- THE TASK -
Give back exactly the first lines of the entries below, through the line with "use rules::judge::judge_count;".

- RECORDS SUPPLIED -
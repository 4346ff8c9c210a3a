// The pass of Description::new over a line's blocks.
ghost use Rattle.std.specs.Prelude.{◌≡◌, ◌≤◌, length, true};
ghost use Rattle.rules.specs.Block.{sizes_by, colours_by};
ghost use Rattle.rules.specs.Clue.{is_default, described};
ghost use Rattle.loops.specs.Put.{Put};

use block::Blocks;

// Whether a block equals the default, of size 0 and this colour.
fn is_default(size: u32, colour: u32, default_colour: u32) -> bool
    ensures { result ≡ is_default default_colour size colour }
{
    size == 0 && colour == default_colour
}

// The blocks that are not the default, in order: their sizes and, where they are coloured, their colours. One pass for both lists, so that each block
// is read and tested once.
pub(crate) fn retain<B: Blocks, const COLOURED: bool>(
    blocks: &B,
    default_colour: u32,
    out_sizes: &mut [u32],
    out_colours: &mut [u32],
) -> usize
    requires sizes { length (B.lent blocks.now).list ≤ length out_sizes.old }
    requires colours { COLOURED ≡ true → length (B.lent blocks.now).list ≤ length out_colours.old }
    ensures sizes { Put out_sizes.old 0 (sizes_by (described default_colour (B.lent blocks.now).list)) result out_sizes.new }
    ensures colours { COLOURED ≡ true → Put out_colours.old 0 (colours_by (described default_colour (B.lent blocks.now).list)) result out_colours.new }
{
    let mut count = 0;
    for i in 0..blocks.count() {
        let size = blocks.size(i);
        let colour = blocks.colour(i);
        if is_default(size, colour, default_colour) {
            continue;
        }
        out_sizes[count] = size;
        if COLOURED {
            out_colours[count] = colour;
        }
        count += 1;
    }
    count
}
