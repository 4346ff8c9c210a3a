// Binary blocks: a list of sizes. Their colours are not told: `sp_binary_description` lends one list where `sp_description` lends two.
ghost use Rattle.rules.specs.Block.{binary};
ghost use Rattle.description.specs.Calls.{BinaryDescription};

use crate::base::retain;
use block::Blocks;
use block::binary::{BLACK, Binary};
use rules::Refusal;
use rules::judge::judge_count;

// Description::new: the blocks but for those of size 0, in order.
pub fn description_new(blocks: &Binary<'_>, out_sizes: &mut [u32]) -> Result<usize, Refusal>
    ensures { BinaryDescription (binary blocks.now.sizes.now) out_sizes.old result out_sizes.new }
{
    let count = blocks.count();
    judge_count(true, count, count <= out_sizes.len())?;
    Ok(retain::<_, false>(blocks, BLACK, out_sizes, &mut []))
}
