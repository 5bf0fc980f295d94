// The first bytes of a buffer, copied to the front of another.
#![tactic(auto)]

ghost use Rattle.std.specs.Prelude.{◌≡◌, ◌≤◌, ltb, length, take};
ghost use Rattle.wire_model.specs.BigEndian.{over};

// What fits of them, and whether there is too little room for all.
pub fn copy(buffer: &[u8], size: usize, out: &mut [u8]) -> bool
    requires { size ≤ length buffer.now }
    ensures { (result ≡ ltb (length out.old) size) × (out.new ≡ over out.old (take (length out.old) (take size buffer.now))) }
{
    let room = out.len();
    if room < size {
        wire_put::put_bytes(out, &buffer[0..room]);
        return true;
    }
    wire_put::put_bytes(out, &buffer[0..size]);
    false
}
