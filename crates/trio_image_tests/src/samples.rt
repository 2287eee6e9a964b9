//! The bytes of the image with one file, spelled by hand.

use std::alloc::Global;
use trio_samples::files::one_file;
use trio_samples::{Sample, put};

/// Where the image isn't zero.
const PARTS: &[(usize, &[u8])] = &[
    (0, b"ARCKTRIO"),
    (8, b"\x02\0\0\0\0\x10\0\0\x20\0\0\0\x40"),
    (24, b"\x01\0\0\0\x02\0\0\0\x03\0\0\0\x01"),
    // the root's body: mode 755, first index page 3, size 4096
    (40, b"\xed\x01"),
    (52, b"\x03\0\0\0\0\x10"),
    // the rows of 1 and 2
    (4096, b"\x01\x02\xed\x01"),
    (4128, b"\x01\x01\xa4\x01"),
    (4140, b"\x01\0\0\0\x04"),
    // the owners of pages 0 to 6
    (
        8192,
        b"\xff\xff\xff\xff\xff\xff\xff\xff\xff\xff\xff\xff\x01\0\0\0\x01\0\0\0\x02\0\0\0\x02",
    ),
    // the root's index page and its block, with the entry of 2
    (12_288, b"\x04"),
    (16_384, b"\x02\0\0\0\x01\x01\0\0f"),
    (16_576, b"\xa4\x01\0\0\0\0\0\0\0\0\0\0\x05\0\0\0\x05"),
    // the file's index page and its block
    (20_480, b"\x06"),
    (24_576, b"hello"),
];

fn spell(bytes: &mut [u8]) {
    for (at, part) in PARTS {
        put(bytes, *at, part);
    }
}

fn is_as_spelled(alloc: Global) -> Option<bool> {
    let mut bytes = vec![in alloc; 0; 131_072].ok()?;
    spell(&mut bytes);
    let sample = Sample::small(alloc, &one_file()).ok()?;
    Some(sample.bytes(alloc).ok()?.as_slice() == bytes.as_slice())
}

#[test]
fn one_file_by_hand(rt: HostRuntime) {
    assert!(rt; is_as_spelled(rt.alloc()) == Some(true));
}
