use std::alloc::Global;
use trio_image::{Counts, MakeFault, make};
use trio_samples::Sample;
use trio_samples::files::root;

// A new image of 32 pages and 64 inode numbers has the bytes of the same one laid out otherwise.
fn is_an_empty_root(alloc: Global) -> Option<bool> {
    let image = make(alloc, 32, 64).ok()?;
    let counts = Counts {
        inodes: 1,
        pages: 0,
        free: 29,
    };
    let is_counted = image.counts() == counts;
    let bytes = image.into_bytes(alloc).ok()?;
    let sample = Sample::small(alloc, &[root()]).ok()?.bytes(alloc).ok()?;
    Some(is_counted && bytes.as_slice() == sample.as_slice())
}

#[test]
fn a_new_image_has_an_empty_root(rt: HostRuntime) {
    assert!(rt; is_an_empty_root(rt.alloc()) == Some(true));
}

// how many core pages a new image of these sizes has
fn free(alloc: Global, pages: u32, inodes: u32) -> Result<u32, MakeFault> {
    Ok(make(alloc, pages, inodes)?.counts().free)
}

// Sizes at their limits, and how many core pages there are.
const SIZES: &[(u32, u32, Result<u32, MakeFault>)] = &[
    (15, 16, Err(MakeFault::BadSize)),
    (16, 15, Err(MakeFault::BadSize)),
    (16, 16, Ok(13)),
    (8192, 16, Ok(8182)),
    (8193, 16, Err(MakeFault::BadSize)),
    (8192, 2048, Ok(8167)),
    (8192, 16_384, Ok(8055)),
    (8192, 16_385, Err(MakeFault::BadSize)),
    (130, 16_384, Err(MakeFault::BadSize)),
    (131, 16_384, Ok(1)),
    (16, 16_384, Err(MakeFault::BadSize)),
    (u32::MAX, u32::MAX, Err(MakeFault::BadSize)),
    (0, 0, Err(MakeFault::BadSize)),
];

#[test]
fn sizes_have_limits(rt: HostRuntime) {
    for (i, (pages, inodes, wanted)) in SIZES.iter().enumerate() {
        assert!(rt; free(rt.alloc(), *pages, *inodes) == *wanted, "row {i}");
    }
}
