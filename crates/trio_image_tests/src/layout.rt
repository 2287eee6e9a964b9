//! Bytes spelled by hand from the formats, each read and written.

use std::alloc::Global;
use trio_layout::{Body, CoreRange, IndexPage, Slot, SlotRead, Superblock};
use trio_page::Page;
use trio_page::field::put_bytes_in;
use trio_rights::{Kind, Mode};

const RANGE: CoreRange = CoreRange { first: 3, end: 32 };

/// Mode 644, uid 1001, gid 5, head 7, size 4097: two blocks.
const BODY: [u8; 64] = [
    0xa4, 0x01, 0, 0, 0xe9, 0x03, 0, 0, 5, 0, 0, 0, 7, 0, 0, 0, 0x01, 0x10, 0, 0, 0, 0, 0, 0, 0, 0,
    0, 0, 0, 0, 0, 0, 0, 0, 0, 0, 0, 0, 0, 0, 0, 0, 0, 0, 0, 0, 0, 0, 0, 0, 0, 0, 0, 0, 0, 0, 0, 0,
    0, 0, 0, 0, 0, 0,
];

const READ_BODY: Body = Body {
    mode: Mode(0o644),
    uid: 1001,
    gid: 5,
    head: 7,
    size: 4097,
    guard: false,
};

#[test]
fn body_is_read_and_written(rt: HostRuntime) {
    let mut written = [0xff; 64];
    READ_BODY.write(&mut written);
    assert!(rt; written == BODY);
    assert!(rt; Body::read(&BODY, Kind::Regular, RANGE) == Some(READ_BODY));
    assert!(rt; READ_BODY.blocks() == 2);
}

/// Bytes of the body changed, by place and value, and whether a regular file's and a directory's body
/// is still read.
const BODIES: &[(&[(usize, u8)], bool, bool)] = &[
    (&[(0, 0xa4)], true, false),
    (&[(1, 0x02)], false, false),
    (&[(2, 1)], false, false),
    (&[(12, 2)], false, false),
    (&[(12, 32)], false, false),
    (&[(16, 0)], true, true),
    (&[(17, 0x20)], true, false),
    (&[(18, 2)], false, false),
    (&[(63, 1)], false, false),
    // where there are no blocks, the head is zero
    (&[(16, 0), (17, 0)], false, false),
    (&[(16, 0), (17, 0), (12, 0)], true, true),
];

/// A kind, the byte of the guard and a size, and whether a body of these is read.
const KINDS: &[(Kind, u8, u64, bool)] = &[
    (Kind::Regular, 0, 4097, true),
    (Kind::Regular, 1, 4097, true),
    (Kind::Regular, 2, 4097, false),
    (Kind::Directory, 0, 4096, true),
    (Kind::Directory, 1, 4096, false),
    (Kind::Link, 0, 1, true),
    (Kind::Link, 0, 4096, true),
    (Kind::Link, 0, 4097, false),
    (Kind::Link, 1, 4096, false),
];

fn kind_read(kind: Kind, guard: u8, size: u64) -> Option<bool> {
    let mut bytes = BODY;
    let [low, high, ..] = size.to_le_bytes();
    change(&mut bytes, &[(16, low), (17, high), (24, guard)]);
    let body = Body::read(&bytes, kind, RANGE)?;
    Some(body.guard)
}

#[test]
fn bodies_by_kind(rt: HostRuntime) {
    for (i, (kind, guard, size, is_read)) in KINDS.iter().enumerate() {
        let wanted = if *is_read { Some(*guard == 1) } else { None };
        assert!(rt; kind_read(*kind, *guard, *size) == wanted, "row {i}");
    }
    // a link has a block
    let mut bytes = BODY;
    change(&mut bytes, &[(16, 0), (17, 0), (12, 0)]);
    assert!(rt; Body::read(&bytes, Kind::Link, RANGE).is_none());
}

/// Puts bytes at their places, where there are such.
fn change(bytes: &mut [u8], changes: &[(usize, u8)]) {
    for (at, value) in changes {
        if let Some(byte) = bytes.get_mut(*at) {
            *byte = *value;
        }
    }
}

/// Whether a regular file's and a directory's body is read where these bytes are changed.
fn bodies_read(changes: &[(usize, u8)]) -> (bool, bool) {
    let mut bytes = BODY;
    change(&mut bytes, changes);
    let regular = Body::read(&bytes, Kind::Regular, RANGE);
    let directory = Body::read(&bytes, Kind::Directory, RANGE);
    (regular.is_some(), directory.is_some())
}

#[test]
fn bodies_outside_the_grammar(rt: HostRuntime) {
    for (i, (changes, regular, directory)) in BODIES.iter().enumerate() {
        assert!(rt; bodies_read(changes) == (*regular, *directory), "row {i}");
    }
}

/// Inode 4, a directory named `pq`, and a byte of the body.
const ENTRY: &[(usize, u8)] = &[(0, 4), (4, 2), (5, 2), (8, b'p'), (9, b'q'), (200, 9)];

fn slot_bytes() -> [u8; 256] {
    let mut bytes = [0; 256];
    change(&mut bytes, ENTRY);
    bytes
}

fn is_written_again(bytes: &[u8; 256]) -> Option<bool> {
    let SlotRead::Entry(entry) = Slot::read(bytes, 16) else {
        return None;
    };
    let mut written = [0xff; 192];
    entry.write(&mut written);
    let is_read = entry.ino == 4
        && entry.kind == Kind::Directory
        && entry.name.as_bytes() == b"pq".as_slice();
    Some(is_read && written[..] == bytes[..192])
}

#[test]
fn slot_is_read_and_written(rt: HostRuntime) {
    assert!(rt; is_written_again(&slot_bytes()) == Some(true));
}

/// One byte of the slot changed, by place and value, and what is read: 0 empty, 1 an entry, 2 bad.
const SLOTS: &[(usize, u8, u8)] = &[
    (0, 0, 0),
    (0, 16, 1),
    (0, 17, 2),
    (3, 1, 2),
    (4, 3, 1),
    (4, 4, 2),
    (5, 0, 2),
    (5, 185, 2),
    (6, 1, 2),
    (8, b'/', 2),
    (10, 1, 2),
    (191, 1, 2),
];

fn slot_read(at: usize, value: u8) -> u8 {
    let mut bytes = slot_bytes();
    change(&mut bytes, &[(at, value)]);
    match Slot::read(&bytes, 16) {
        SlotRead::Empty => 0,
        SlotRead::Entry(_) => 1,
        SlotRead::Bad => 2,
    }
}

#[test]
fn slots_outside_the_grammar(rt: HostRuntime) {
    for (at, value, wanted) in SLOTS {
        assert!(rt; slot_read(*at, *value) == *wanted, "byte {at}");
    }
}

/// The first three numbers of an index page, and its link.
type Numbers = (u32, u32, u32, u32);

/// How many numbers are in use, whether the page is the last of its chain, the link and the second
/// number on it, and what is read.
const INDEX_PAGES: &[(u16, bool, u64, u64, Option<Numbers>)] = &[
    (2, true, 0, 31, Some((6, 31, 0, 0))),
    (1, true, 0, 31, None),
    (3, true, 0, 31, None),
    (2, false, 0, 31, None),
    (2, true, 7, 31, None),
    (2, false, 7, 31, Some((6, 31, 0, 7))),
    (2, false, 7, 32, None),
];

fn index_page(alloc: Global, link: u64, second: u64) -> Option<Page> {
    let mut page = Page::zero(alloc).ok()?;
    page.put_u64(0, 6);
    page.put_u64(8, second);
    page.put_u64(4088, link);
    Some(page)
}

fn numbers_read(page: &Page, used: u16, last: bool) -> Option<Numbers> {
    if used == 0 || used > 511 {
        return None;
    }
    let index = IndexPage::read(page, used, last, RANGE)?;
    Some((
        index.number(0),
        index.number(1),
        index.number(2),
        index.next(),
    ))
}

#[test]
fn index_page_is_read(rt: HostRuntime) {
    for (i, (used, last, link, second, wanted)) in INDEX_PAGES.iter().enumerate() {
        let page = index_page(rt.alloc(), *link, *second);
        let read = page.map(|page| numbers_read(&page, *used, *last));
        assert!(rt; read == Some(*wanted), "row {i}");
    }
}

/// 512 pages, 128 inode numbers: one shadow page, one owner page, the first core page is 3.
const SUPERBLOCK: [u8; 41] = [
    b'A', b'R', b'C', b'K', b'T', b'R', b'I', b'O', 2, 0, 0, 0, 0, 0x10, 0, 0, 0, 2, 0, 0, 128, 0,
    0, 0, 1, 0, 0, 0, 2, 0, 0, 0, 3, 0, 0, 0, 1, 0, 0, 0, 0xed,
];

fn superblock_page(alloc: Global) -> Option<Page> {
    let mut page = Page::zero(alloc).ok()?;
    put_bytes_in(page.bytes_mut(), 0, &SUPERBLOCK);
    Some(page)
}

fn has_sizes(block: &Superblock) -> bool {
    let sizes = (block.pages, block.inodes);
    let places = (block.first_owner, block.first_core);
    sizes == (512, 128) && places == (2, 3) && block.root[0] == 0xed
}

fn is_superblock(alloc: Global) -> Option<bool> {
    let page = superblock_page(alloc)?;
    let block = Superblock::read(&page)?;
    let mut written = Page::zero(alloc).ok()?;
    let is_none = Superblock::read(&written).is_none();
    written.put_u64(4088, 1);
    block.write(&mut written);
    Some(is_none && has_sizes(&block) && written.bytes() == page.bytes())
}

#[test]
fn superblock_is_read_and_written(rt: HostRuntime) {
    assert!(rt; is_superblock(rt.alloc()) == Some(true));
}

/// One byte of the superblock changed, by place and value: none is read any more.
const SUPERBLOCKS: &[(usize, u8)] = &[
    (0, b'B'),
    (8, 1),
    (8, 3),
    (13, 0x20),
    (17, 33),
    (20, 15),
    (28, 3),
    (32, 4),
    (36, 2),
    (4095, 1),
];

fn is_refused(alloc: Global, at: usize, value: u8) -> Option<bool> {
    let mut page = superblock_page(alloc)?;
    change(page.bytes_mut(), &[(at, value)]);
    Some(Superblock::read(&page).is_none())
}

// a version in its field, and one that is asked for: whether a superblock is read
const VERSIONS: &[(u8, u32, bool)] = &[
    (1, 1, true),
    (1, 2, false),
    (2, 1, false),
    (2, 2, true),
    (3, 1, false),
];

fn is_of_version(alloc: Global, field: u8, version: u32) -> Option<bool> {
    let mut page = superblock_page(alloc)?;
    change(page.bytes_mut(), &[(8, field)]);
    Some(Superblock::read_version(&page, version).is_some())
}

#[test]
fn superblocks_of_versions(rt: HostRuntime) {
    for (field, version, wanted) in VERSIONS {
        assert!(rt;
            is_of_version(rt.alloc(), *field, *version) == Some(*wanted),
            "{field} {version}"
        );
    }
}

#[test]
fn superblocks_outside_the_grammar(rt: HostRuntime) {
    for (at, value) in SUPERBLOCKS {
        assert!(rt;
            is_refused(rt.alloc(), *at, *value) == Some(true),
            "byte {at}"
        );
    }
}
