//! Marks of several rounds.

use std::alloc::Global;
use trio_marks::Marks;

/// What is answered of 1 where it is marked twice, and then of 1, 2 and 3.
const FIRST: (bool, bool, bool, bool, bool) = (true, false, true, false, false);

/// What is answered of 1 in the next round, and where it is marked twice.
const NEXT: (bool, bool, bool) = (false, true, false);

fn are_new_once(alloc: Global) -> Option<bool> {
    let mut marks = Marks::with(alloc, 3).ok()?;
    let first = (
        marks.set(1),
        marks.set(1),
        marks.has(1),
        marks.has(2),
        marks.has(3),
    );
    marks.clear();
    let next = (marks.has(1), marks.set(1), marks.set(1));
    Some(marks.len() == 3 && first == FIRST && next == NEXT)
}

#[test]
fn a_mark_is_new_once_a_round(rt: HostRuntime) {
    assert!(rt; are_new_once(rt.alloc()) == Some(true));
}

- ANSWER SPACE -
repository 4346ff8c9c210a3a
// The pass of Description::new over a line's blocks.
ghost use Rattle.std.specs.Prelude.{◌≡◌, ◌≤◌, length, true};
ghost use Rattle.rules.specs.Block.{sizes_by, colours_by};
ghost use Rattle.rules.specs.Clue.{is_default, described};
ghost use Rattle.loops.specs.Put.{Put};

use block::Blocks;

// Whether a block equals the default, of size 0 and this colour.
fn is_default(size: u32, colour: u32, default_colour: u32) -> bool
    ensures { result ≡ is_default default_colour size colour }
{
    size == 0 && colour == default_colour
}

// The blocks that are not the default, in order: their sizes and, where they are coloured, their colours. One pass for both lists, so that each block
// is read and tested once.
pub(crate) fn retain<B: Blocks, const COLOURED: bool>(
    blocks: &B,
    default_colour: u32,
    out_sizes: &mut [u32],
    out_colours: &mut [u32],
) -> usize
    requires sizes { length (B.lent blocks.now).list ≤ length out_sizes.old }
    requires colours { COLOURED ≡ true → length (B.lent blocks.now).list ≤ length out_colours.old }
    ensures sizes { Put out_sizes.old 0 (sizes_by (described default_colour (B.lent blocks.now).list)) result out_sizes.new }
    ensures colours { COLOURED ≡ true → Put out_colours.old 0 (colours_by (described default_colour (B.lent blocks.now).list)) result out_colours.new }
{
    let mut count = 0;
    for i in 0..blocks.count() {
        let size = blocks.size(i);
        let colour = blocks.colour(i);
        if is_default(size, colour, default_colour) {
            continue;
        }
        out_sizes[count] = size;
        if COLOURED {
            out_colours[count] = colour;
        }
        count += 1;
    }
    count
}
repository 4346ff8c9c210a3a
// Binary blocks: a list of sizes. Their colours are not told: `sp_binary_description` lends one list where `sp_description` lends two.
ghost use Rattle.rules.specs.Block.{binary};
ghost use Rattle.description.specs.Calls.{BinaryDescription};

use crate::base::retain;
use block::Blocks;
use block::binary::{BLACK, Binary};
use rules::Refusal;
use rules::judge::judge_count;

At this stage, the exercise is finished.